Por Carolina Jesus Pereira
Quem não desenvolve o hábito de fazer observações diligentes, de se demorar em análises, de se questionar e tentar encaixar as peças que tem à disposição corre o risco de seguir por caminhos clandestinos ao tentar construir conclusões
“Você pode saber o que disse, mas nunca o que o outro escutou” é uma das frases mais populares de Lacan. Ao mesmo tempo em que remete à fragmentação dos sujeitos e de seus inconscientes, também contempla a ideia de que a construção de sentidos passa por um caminho incerto e cheio de acidentes.

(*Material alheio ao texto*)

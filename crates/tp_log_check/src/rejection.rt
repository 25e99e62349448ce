//! Why a log is not accepted.

use crate::Flaw;

/// Why a log is not accepted.
#[derive(Clone, Copy, Debug, PartialEq, Eq)]
pub enum Rejection {
    Memory,
    Source,
    /// The line of this number, counted from 1, has more than 4,194,304 bytes without its LF.
    Line(u64),
    /// The log has more than 10^18 bytes, or more than 1,000,000 lines of events.
    Log,
    /// It is no lawful log with bounds. The flaw is never `Memory`.
    Flaw(Flaw),
}
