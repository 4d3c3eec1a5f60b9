// What a search for a board comes to: three outcomes, and none of them is an error, so each has its own name and no
// `Result` of an `Option` stands for them.
use board::Board;

#[derive(Clone, Copy)]
pub enum Found {
    // this board meets the sheet
    Fits(Board),
    // no board does
    Nothing,
    // the allowance did not suffice to tell
    Unfinished,
}

// What was found, and the steps that the engine made.
#[derive(Clone, Copy)]
pub struct Finding {
    pub found: Found,
    pub steps: u64,
}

“Você pode saber o que escreveu, mas nunca o que o outro leu” seria uma máxima apropriada para os dias atuais. Um costume que se tornou mais conhecido depois que grande parte do conteúdo jornalístico migrara para mídias digitais é o fato de que muitas pessoas entendem o que querem daquilo que leem, sem obrigatoriamente estabelecer vínculos com o que estava escrito. Como compreender os extremos dessa desagregação?
No início de 2015, um acontecimento curioso foi noticiado na Irlanda: o país legalizou, acidentalmente, o porte de ecstasy, cogumelos alucinógenos e outras drogas psicoativas. A proibição dessas drogas estava registrada em uma lei que outorgava, a um setor administrativo do governo, poderes que deveriam ser somente do legislativo. Com pressa para corrigir essa falha, o tribunal tornou a lei inconstitucional, não restando quaisquer outras que tratassem da proibição dessas drogas.
O automatismo da ação que gerou a indesejada consequência nos leva a questionar esse modo de ler em que o olhar se apega a fragmentos, desconsiderando a integração entre as partes e os efeitos do todo. Quando o leitor se cola apenas a pedaços daquilo que lê, produz sentidos nos quais não existe lógica. Ainda que no episódio irlandês o caso tenha sido resolvido rapidamente, com a convocação apressada de uma sessão de emergência para regulamentar a situação, cabe pensar em maneiras de se evitar imprevistos como esse.
Um ponto a ser considerado é que não se trata de pensar somente na leitura de textos, mas em um sentido mais amplo de leitura, na interpretação e associação de hipóteses, fatos e consequências. Acreditamos que um leitor que tira conclusões apressadas e incoerentes a partir de textos tenderá a fazer o mesmo com fatos cotidianos, desconsiderando pistas e fazendo um cálculo errado de consequências. O que está em jogo, nesse caso, é a posição subjetiva do leitor, e não propriamente suas habilidades de leitura.
Em uma entrevista acerca da redução do hábito da leitura entre crianças, o escritor moçambicano Mia Couto respondeu que precisávamos entender que elas “estão deixando de ler os livros porque estão deixando de ler o mundo, de ser capazes de ler os outros, de ler a vida”. Quem não desenvolve o hábito de fazer observações diligentes, de se demorar em análises, de se questionar e tentar encaixar as peças que tem à disposição corre o risco de seguir por caminhos clandestinos ao tentar construir conclusões.
Seja em contexto escolar, legislativo ou nos mais variados âmbitos da vida privada, estamos todos sujeitos a cometer erros, “comer bola”, deixar evidências passarem despercebidas. Se o risco é intrínseco até mesmo quando tentamos nos responsabilizar pelo processo de construção de sentidos, por que não nos implicamos, de uma vez por todas, nessa tarefa? Se existe um jeito de ler de maneira eficiente, ele certamente passa por aí.
Carolina de Jesus Pereira é pesquisadora do Grupo de Estudos e Pesquisa Produção Escrita e Psicanálise – GEPPEP, da Faculdade de Educação da Universidade de São Paulo, onde, no momento, está cursando mestrado.